Data for processing =
//! Sessions: many jobs beside commits, one step at a time.
//!
//! A [`Session`] has the versions of a graph, the plans of some programs, and jobs: runs of these programs that go one
//! instruction at a time. A step commits a batch, holds a version or lets it go, starts a job on a version that is held, or
//! does one instruction of a job. Each job keeps the version that it was started on, whatever is committed or released later.
//!
//! A contract sees a session as the plans, the state of the versions and the jobs (`specs/Standing.antt`), and says that it
//! is where a world stands. The world (`specs/World.antt`) is a state of the version machine and a list of jobs, each a
//! program, a graph, a bound of turns and a count of the instructions that it has done; each step changes one of them. The
//! promise is that replies and state are the world's for every list of steps, where the plans are those of compiled programs.
//! The laws of the world (`laws`) say in plain words what follows: a job goes by its own steps alone, a version is the fold
//! of the batches up to it, and steps of different jobs may change places.
//!
//! Jobs on one version share its flat snapshot, jobs of one program share its plan, and one scratch serves the applies of all
//! jobs. There are no threads here.
#![tactic(auto)]

mod error;
mod laws;
mod session;
mod started_job;
mod step;

pub use error::SessionError;
pub use laws::{
    compiled_plans_have_their_programs, jobs_go_by_their_own_steps, jobs_show_their_own_runs,
    steps_of_jobs_change_places, versions_are_folds_of_their_batches,
};
pub use session::Session;
pub use step::{SessionReply, SessionStep};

Work to be completed =
Each line of the data that holds "time" should be reported.

Output of the task =
//! Sessions: many jobs beside commits, one step at a time.
//! instruction at a time. A step commits a batch, holds a version or lets it go, starts a job on a version that is held, or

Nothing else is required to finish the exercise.